Негативное отношение к Биафре и ее жителям было обусловлено, во-первых, очень высокой смертностью, связанной с этим регионом, которая распространялась как на европейцев, приезжавших в эти края для покупки рабов, так и на купленных ими людей. * Последние умирали с частотой более 18 процентов, по сравнению с 10,8 процента , умерших после доставки на корабль для Африки в целом. Среди торговцев и владельцев плантаций сложились грубые расистские стереотипы о предполагаемых этнических характеристиках жителей каждого региона, где производилось большое количество рабов. В XVII веке на Барбадосе рабов с залива Биафра презрительно называли " supernumerary Negroes ", что означало "излишки" или "дно бочки". Белые, приезжавшие в этот регион для торговли людьми, объясняли высокую смертность как свою, так и африканцев в Биафре якобы распространенным там плохим воздухом, а также более длительным временем пути до рынков Нового Света, что приводило к более высокой смертности как экипажей кораблей, так и рабов, которыми они торговали. Однако был и другой фактор, а именно необычайно высокий по меркам торговли уровень самоубийств.

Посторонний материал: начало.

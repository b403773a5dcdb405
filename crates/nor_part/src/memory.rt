// The memory: erased and programmed.
ghost use Rattle.std.specs.Prelude.{◌≡◌, ◌+◌, ◌%◌, ◌≤◌, ◌<◌, ◌^◌, length};
ghost use Rattle.nor_model.specs.Device.{Part, erased, onward, programmed};
ghost use Rattle.nor_part.specs.Responds.{mem_of, set_between};

// Sets the bytes from a cell on, up to another, to FF.
pub fn set_ff(memory: &mut [u8], from: usize, to: usize)
    requires { (from ≤ to) × (to ≤ length memory.old) }
    ensures { mem_of memory.new ≡ set_between from to (mem_of memory.old) }
{
    memory[from..to].fill(0xFF);
}

// Sets the aligned block that an address is in to FF.
pub fn erase_block(memory: &mut [u8], size: u32, a: u32)
    requires { 1 ≤ size }
    ensures { 1 ≤ length memory.old → mem_of memory.new ≡ erased size (a % length memory.old) (mem_of memory.old) }
{
    let capacity = memory.len();
    if capacity == 0 {
        return;
    }
    let block = size as usize;
    let cell = a as usize % capacity;
    let base = cell - cell % block;
    set_ff(memory, base, capacity.min(base + block));
}

// The address after an address: after the page's last comes its first.
#[tactic(auto, using(crate::proofs::Contents::page_before), unfolding(nor_model::specs::Device::onward))]
fn after(page: u32, a: u64) -> u64
    requires { (1 ≤ page) × (a < 2 ^ 63) }
    ensures { result ≡ onward page a }
{
    let next = a + 1;
    if next % (page as u64) == 0 {
        next - page as u64
    } else {
        next
    }
}

// ANDs data into the memory from an address on, wrapping in the device page.
pub fn program(memory: &mut [u8], page: u32, a: u32, data: &[u8])
    requires { 1 ≤ page }
    ensures { 1 ≤ length memory.old → (p : Part) → p.capacity ≡ length memory.old → p.page ≡ page → mem_of memory.new ≡ programmed p a «data».now (mem_of memory.old) }
{
    let capacity = memory.len() as u64;
    if capacity == 0 {
        return;
    }
    let mut place = a as u64;
    for byte in data {
        let cell = (place % capacity) as usize;
        memory[cell] &= *byte;
        place = after(page, place);
    }
}
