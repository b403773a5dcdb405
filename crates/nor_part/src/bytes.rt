// Bytes on the wire: the address that was sent, and replies.
ghost use Rattle.std.specs.Prelude.{◌≡◌, ◌+◌, ◌%◌, ◌≤◌, length};
ghost use Rattle.nor_model.specs.Device.{bytes_from, address_in};
ghost use Rattle.nor_part.specs.Responds.{mem_of};

// The number of the first k bytes, the highest first.
pub fn address_in(k: usize, rest: &[u8]) -> u32
    requires { (k ≤ 4) × (k ≤ length rest.now) }
    ensures { result ≡ address_in k rest.now }
{
    // By patterns: what is stored byte by byte and read as a word waits for the stores.
    match &rest[..k] {
        [a] => u32::from_be_bytes([0, 0, 0, *a]),
        [a, b] => u32::from_be_bytes([0, 0, *a, *b]),
        [a, b, c] => u32::from_be_bytes([0, *a, *b, *c]),
        [a, b, c, d] => u32::from_be_bytes([*a, *b, *c, *d]),
        _ => 0,
    }
}

// A reply of fixed bytes from a place on; past their end comes FF.
pub fn copy(source: &[u8], at: u32, reply: &mut [u8])
    ensures { reply.new ≡ bytes_from (mem_of source.now) at (length reply.old) }
{
    if source.len() <= at as usize {
        reply.fill(0xFF);
        return;
    }
    for (i, byte) in reply.iter_mut().enumerate() {
        *byte = source.get(at as usize + i).copied().unwrap_or(0xFF);
    }
}

// The cell after a cell: after the last comes the first.
fn next_cell(cell: usize, capacity: usize) -> usize
    requires { cell + 1 ≤ capacity }
    ensures { result ≡ (cell + 1) % capacity }
{
    if cell + 1 == capacity { 0 } else { cell + 1 }
}

// A reply from the memory, from an address on: the part ignores the address bits that it does not have.
pub fn read(memory: &[u8], at: u32, reply: &mut [u8])
    ensures { reply.new ≡ bytes_from (λ i. mem_of memory.now (i % length memory.now)) at (length reply.old) }
{
    if memory.is_empty() {
        reply.fill(0xFF);
        return;
    }
    let mut cell = at as usize % memory.len();
    for byte in reply.iter_mut() {
        *byte = memory[cell];
        cell = next_cell(cell, memory.len());
    }
}
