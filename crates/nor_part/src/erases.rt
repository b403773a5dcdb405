// The erases: of a block, and of the chip.
ghost use Rattle.std.specs.Prelude.{◌≡◌, ◌≤◌, length};
ghost use Rattle.nor_model.specs.Device.{block_erase, chip_erase};
ghost use Rattle.nor_part.specs.Responds.{part_of, state_of, Same};

use crate::{Part, State, bytes, memory};

// An erase opcode.
#[tactic(auto, unfolding(nor_model::specs::Device::block_erase, nor_model::specs::Device::whole, nor_model::specs::Device::operate))]
pub fn block_erase(
    p: Part<'_>,
    s: State,
    wait: u64,
    size: u32,
    rest: &[u8],
    reply: &mut [u8],
    memory: &mut [u8],
) -> State
    requires { 1 ≤ size }
    ensures { Same (block_erase (part_of p.entry (length memory.old)) wait size (state_of s memory.old) rest.now (length reply.old)) (length memory.old) result reply.new memory.new }
{
    reply.fill(0xFF);
    let k = p.address_bytes();
    if k <= rest.len() && s.latch {
        memory::erase_block(memory, size, bytes::address_in(k, rest));
        return State {
            latch: false,
            busy: wait,
        };
    }
    s
}

// C7 sets all to FF.
#[tactic(auto, unfolding(nor_model::specs::Device::chip_erase, nor_model::specs::Device::operate))]
pub fn chip_erase(s: State, wait: u64, reply: &mut [u8], memory: &mut [u8]) -> State
    ensures { Same (chip_erase wait (state_of s memory.old) (length reply.old)) (length memory.old) result reply.new memory.new }
{
    reply.fill(0xFF);
    if s.latch {
        memory.fill(0xFF);
        return State {
            latch: false,
            busy: wait,
        };
    }
    s
}
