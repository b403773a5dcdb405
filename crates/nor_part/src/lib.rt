// The modelled part as code, over a lent slice as its memory: a transaction's bytes go in, the reply and the next state come out.
#![tactic(auto)]

mod bytes;
mod erases;
mod memory;

ghost use Rattle.std.specs.Prelude.{◌≡◌, ℕ, ◌+◌, ◌-◌, ◌≤◌, cond, List, eqb, length, IfSome};
ghost use Rattle.nor_model.specs.Device.{status1, read_status, read_flags, page_program, read_memory, read_id, read_sfdp, silent, obeyed, taken, respond};
ghost use Rattle.nor_part.specs.Responds.{addressed_of, page_of, first_size, erases_of, part_of, state_of, Same};

// An erase: its opcode, and how many bytes it erases. One of no bytes counts as none.
#[derive(Clone, Copy)]
pub struct Erase {
    pub opcode: u8,
    pub size: u32,
}

// What a part is: address bytes, device page, whether 70 is offered, erases, and the bytes that 9F and 5A return. Its capacity is the
// length of its memory.
#[derive(Clone, Copy)]
pub struct Part<'a> {
    pub addressed: u8,
    pub page: u32,
    pub flagged: bool,
    pub erases: [Option<Erase>; 4],
    pub id: &'a [u8],
    pub sfdp: &'a [u8],
}

// Write latch, busy polls left.
#[derive(Clone, Copy)]
pub struct State {
    pub latch: bool,
    pub busy: u64,
}

impl Part<'_> {
    // The address bytes that it takes: at most 4.
    fn address_bytes(self) -> usize
        ensures { result ≡ addressed_of self.entry }
    {
        (self.addressed as usize).min(4)
    }

    // The device page, of a byte at least.
    fn device_page(self) -> u32
        ensures { result ≡ page_of self.entry }
    {
        self.page.max(1)
    }

    // How many bytes an opcode erases: those of the first erase that has it.
    #[tactic(auto, unfolding(crate::specs::Responds::first_size))]
    fn erased_by(self, op: u8) -> Option<u32>
        ensures size { result ≡ first_size self.entry.erases op }
        ensures some { IfSome result (λ size. 1 ≤ size) }
    {
        for entry in &self.erases {
            if let Some(erase) = entry
                && erase.opcode == op
                && 0 < erase.size
            {
                return Some(erase.size);
            }
        }
        None
    }

    // What 70 shows: ready in bit 7, where it is offered.
    fn flags(self, s: State) -> u8
        ensures { result ≡ cond self.entry.flagged (cond (eqb s.busy 0) 0x80 0) 0xFF }
    {
        match (self.flagged, s.busy) {
            (false, _) => 0xFF,
            (true, 0) => 0x80,
            (true, _) => 0,
        }
    }
}

impl State {
    // Each poll first lowers the busy polls left.
    fn lowered(self) -> State
        ensures { (result.latch ≡ self.latch) × (result.busy ≡ self.busy - 1) }
    {
        State {
            busy: self.busy.saturating_sub(1),
            ..self
        }
    }

    // What 05 shows: busy in bit 0, the latch in bit 1.
    fn status(self) -> u8
        ensures { result ≡ cond (eqb self.busy 0) 0 1 + cond self.latch 2 0 }
    {
        let busy = if self.busy == 0 { 0 } else { 1 };
        let latch = if self.latch { 2 } else { 0 };
        busy + latch
    }
}

// ---- the polls

// 05
#[tactic(auto, unfolding(nor_model::specs::Device::read_status, nor_model::specs::Device::status1))]
fn read_status(s: State, reply: &mut [u8]) -> State
    ensures { (m : List ℕ) → Same (read_status (state_of s m) (length reply.old)) (length m) result reply.new m }
{
    let next = s.lowered();
    reply.fill(next.status());
    next
}

// 70
#[tactic(auto, unfolding(nor_model::specs::Device::read_flags))]
fn read_flags(p: Part<'_>, s: State, reply: &mut [u8]) -> State
    ensures { (m : List ℕ) → Same (read_flags (part_of p.entry (length m)) (state_of s m) (length reply.old)) (length m) result reply.new m }
{
    let next = s.lowered();
    reply.fill(p.flags(next));
    next
}

// ---- the other commands

// Nothing happens, and nobody drives the bus: FF comes back.
fn silent(s: State, reply: &mut [u8]) -> State
    ensures { (m : List ℕ) → Same (silent (state_of s m) (length reply.old)) (length m) result reply.new m }
{
    reply.fill(0xFF);
    s
}

// 02
#[tactic(auto, unfolding(nor_model::specs::Device::page_program, nor_model::specs::Device::whole, nor_model::specs::Device::operate))]
fn page_program(
    p: Part<'_>,
    s: State,
    wait: u64,
    rest: &[u8],
    reply: &mut [u8],
    memory: &mut [u8],
) -> State
    ensures { Same (page_program (part_of p.entry (length memory.old)) wait (state_of s memory.old) rest.now (length reply.old)) (length memory.old) result reply.new memory.new }
{
    reply.fill(0xFF);
    let k = p.address_bytes();
    if k <= rest.len() && s.latch {
        let a = bytes::address_in(k, rest);
        memory::program(memory, p.device_page(), a, &rest[k..]);
        return State {
            latch: false,
            busy: wait,
        };
    }
    s
}

// 03, and 0B after a dummy.
#[tactic(auto, unfolding(nor_model::specs::Device::read_memory, nor_model::specs::Device::whole))]
fn read_memory(
    p: Part<'_>,
    s: State,
    dummies: u8,
    rest: &[u8],
    reply: &mut [u8],
    memory: &[u8],
) -> State
    requires { dummies ≤ 1 }
    ensures { Same (read_memory (part_of p.entry (length memory.now)) dummies (state_of s memory.now) rest.now (length reply.old)) (length memory.now) result reply.new memory.now }
{
    let k = p.address_bytes();
    if k + dummies as usize <= rest.len() {
        bytes::read(memory, bytes::address_in(k, rest), reply);
    } else {
        reply.fill(0xFF);
    }
    s
}

// 9F
#[tactic(auto, unfolding(nor_model::specs::Device::read_id))]
fn read_id(p: Part<'_>, s: State, reply: &mut [u8]) -> State
    ensures { (m : List ℕ) → Same (read_id (part_of p.entry (length m)) (state_of s m) (length reply.old)) (length m) result reply.new m }
{
    bytes::copy(p.id, 0, reply);
    s
}

// 5A
#[tactic(auto, unfolding(nor_model::specs::Device::read_sfdp, nor_model::specs::Device::whole))]
fn read_sfdp(p: Part<'_>, s: State, rest: &[u8], reply: &mut [u8]) -> State
    ensures { (m : List ℕ) → Same (read_sfdp (part_of p.entry (length m)) (state_of s m) rest.now (length reply.old)) (length m) result reply.new m }
{
    if 4 <= rest.len() {
        bytes::copy(p.sfdp, bytes::address_in(3, rest), reply);
    } else {
        reply.fill(0xFF);
    }
    s
}

// ---- a transaction
// Its arguments stay apart, and in no struct: the clauses name each before and after, in the words of nor_model.

// A command of a part that is not busy, but for its erases of blocks. 06 sets the latch; 99 and F0 clear it.
#[tactic(auto, unfolding(nor_model::specs::Device::obeyed, nor_model::specs::Device::write_enable, nor_model::specs::Device::clear_latch))]
fn obey(
    p: Part<'_>,
    s: State,
    wait: u64,
    op: u8,
    rest: &[u8],
    reply: &mut [u8],
    memory: &mut [u8],
) -> State
    ensures { Same (obeyed (part_of p.entry (length memory.old)) wait (state_of s memory.old) op rest.now (length reply.old)) (length memory.old) result reply.new memory.new }
{
    match op {
        0x06 => silent(State { latch: true, ..s }, reply),
        0x02 => page_program(p, s, wait, rest, reply, memory),
        0xC7 => erases::chip_erase(s, wait, reply, memory),
        0x03 => read_memory(p, s, 0, rest, reply, memory),
        0x0B => read_memory(p, s, 1, rest, reply, memory),
        0x9F => read_id(p, s, reply),
        0x5A => read_sfdp(p, s, rest, reply),
        0x99 | 0xF0 => silent(State { latch: false, ..s }, reply),
        _ => silent(s, reply),
    }
}

// An erase opcode, whatever else it may be; a poll; any other command.
#[tactic(auto, unfolding(nor_model::specs::Device::unless_busy))]
fn take(
    p: Part<'_>,
    s: State,
    wait: u64,
    op: u8,
    rest: &[u8],
    reply: &mut [u8],
    memory: &mut [u8],
) -> State
    ensures { Same (taken (erases_of p.entry op) (part_of p.entry (length memory.old)) wait (state_of s memory.old) op rest.now (length reply.old)) (length memory.old) result reply.new memory.new }
{
    match (p.erased_by(op), op) {
        (Some(size), _) if s.busy == 0 => {
            erases::block_erase(p, s, wait, size, rest, reply, memory)
        }
        (None, 0x05) => read_status(s, reply),
        (None, 0x70) => read_flags(p, s, reply),
        (None, _) if s.busy == 0 => obey(p, s, wait, op, rest, reply, memory),
        _ => silent(s, reply),
    }
}

// What the part does with a transaction: the bytes sent, its first the opcode, and a reply as long as asked. wait: how many polls
// an operation on the memory stays busy.
#[tactic(auto, unfolding(nor_model::specs::Device::respond))]
pub fn respond(
    p: Part<'_>,
    s: State,
    wait: u64,
    sent: &[u8],
    reply: &mut [u8],
    memory: &mut [u8],
) -> State
    ensures { Same (respond (part_of p.entry (length memory.old)) wait (state_of s memory.old) sent.now (length reply.old)) (length memory.old) result reply.new memory.new }
{
    match sent {
        [] => silent(s, reply),
        [op, rest @ ..] => take(p, s, wait, *op, rest, reply, memory),
    }
}
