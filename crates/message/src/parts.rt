// Parts that several messages share.
ghost use Rattle.std.specs.Prelude.{◌≡◌, ℕ, ◌+◌, ◌≤◌, ◌++◌, length};
ghost use Rattle.numbers.specs.Digit.{digits_in};
ghost use Rattle.numbers.specs.Number.{number_octets};
ghost use Rattle.numbers.specs.Packing.{packed};
ghost use Rattle.message.specs.Writing.{coded, imsi_front, invoke_octets, result_octets, written};

use super::message::Message;
use element::tag::{INVOKE, RESULT};
use numbers::digits::Digits;
use numbers::imsi::Imsi;
use octets::list::Octets;
use operation::codes::Operation;

impl Message {
    // An element that holds packed digits.
    pub(crate) fn put_digits(&mut self, tag: u8, digits: &Digits)
        requires { self.old.len + 10 ≤ 256 }
        ensures more { written self.new ≡ written self.old ++ coded tag (packed (digits_in digits.now)) }
        ensures size { self.new.len ≤ self.old.len + 10 }
    {
        let packed = digits.pack();
        self.put(tag, packed.as_slice());
    }

    // An element that holds a node number: 91 and the packed digits.
    pub(crate) fn put_number(&mut self, tag: u8, digits: &Digits)
        requires { self.old.len + 11 ≤ 256 }
        ensures more { written self.new ≡ written self.old ++ coded tag (number_octets digits.now) }
        ensures size { self.new.len ≤ self.old.len + 11 }
    {
        let packed = digits.pack();
        let mut number = Octets::<9>::new();
        number.try_push(0x91).unwrap();
        number.try_extend_from_slice(packed.as_slice()).unwrap();
        self.put(tag, number.as_slice());
    }

    // 80 and an IMSI, if there is one.
    pub(crate) fn put_optional_imsi(&mut self, imsi: Option<Imsi>)
        requires { self.old.len + 10 ≤ 256 }
        ensures more { written self.new ≡ written self.old ++ imsi_front imsi }
        ensures size { self.new.len ≤ self.old.len + 10 }
    {
        if let Some(imsi) = imsi {
            self.put_digits(0x80, &imsi.digits);
        }
    }
}

// An invoke: identifier, operation code and argument. The first two are no struct: nothing keeps them together.
// Written in one go, since a message inside another would be copied: its length is counted, three octets each for identifier and code, and two before the argument.
pub(crate) fn invoke(id: u8, operation: Operation, argument: &[u8]) -> Message
    requires { length argument.now ≤ 119 }
    ensures { written result ≡ invoke_octets id operation argument.now }
{
    let mut message = Message::empty();
    message.head(INVOKE, 8 + argument.len());
    message.put(0x02, &[id]);
    message.put(0x02, &[u8::from(operation)]);
    message.put(operation.argument_tag(), argument);
    message
}

// A result with an operation code and a parameter.
// Its lengths are counted as an invoke's: 30 holds the code and the parameter.
pub(crate) fn result(id: u8, operation: Operation, parameter: &[u8]) -> Message
    requires { length parameter.now ≤ 117 }
    ensures { written result ≡ result_octets id operation parameter.now }
{
    let mut message = Message::empty();
    message.head(RESULT, 10 + parameter.len());
    message.put(0x02, &[id]);
    message.head(0x30, 5 + parameter.len());
    message.put(0x02, &[u8::from(operation)]);
    message.put(0x30, parameter);
    message
}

Рыночные предрассудки, с которыми рабовладельцы и владельцы плантаций сталкивались в отношении игбо, будь то на невольничьих рынках Биафранского побережья или Нового Света, заключались в том, что они были невысокого роста и, как говорится в одном из рассказов, "маленькие, стройные, слабые и склонны к желтоватому цвету кожи". Это говорило против них в то время, когда чернокожесть рабов традиционно считалась признаком силы и выносливости. Отражая сильно преобладающее мнение, другой рассказ гласил, что игбо были "самоубийственно унылы", особенно мужчины игбо, которые были известны тем, что отказывались от еды на борту работорговых кораблей. В то же время женщины игбо, как говорят, были необычайно склонны к бегству, как поодиночке, так и группами. Один из самых ранних сохранившихся рассказов о предполагаемой склонности к самоубийству принадлежит самому пленному игбо, Олауде Экиано, автору, пожалуй, самого известного из письменных рассказов, оставленных бывшими рабами. Сначала Экиано описывает свой переход по суше после похищения в родной деревне в середине 1750-х годов в возрасте одиннадцати лет, путешествуя по территориям, населенным различными "нациями и людьми" на территории, которая сейчас является юго-восточной Нигерии. Затем, вскоре после посадки на невольничий корабль, направлявшийся на Барбадос, он пишет:
Однажды, когда у нас было гладкое море и умеренный ветер, двое моих измученных соотечественников, прикованных друг к другу (я был рядом с ними в это время), предпочтя смерть такому бедственному существованию, каким-то образом пробрались сквозь сетки и прыгнули в море: тут же их примеру последовал и еще один совершенно удрученный парень, которого по причине его болезни выпустили из кандалов, и я думаю, что многие другие очень скоро сделали бы то же самое, если бы им не помешала команда корабля, которая была мгновенно поднята по тревоге.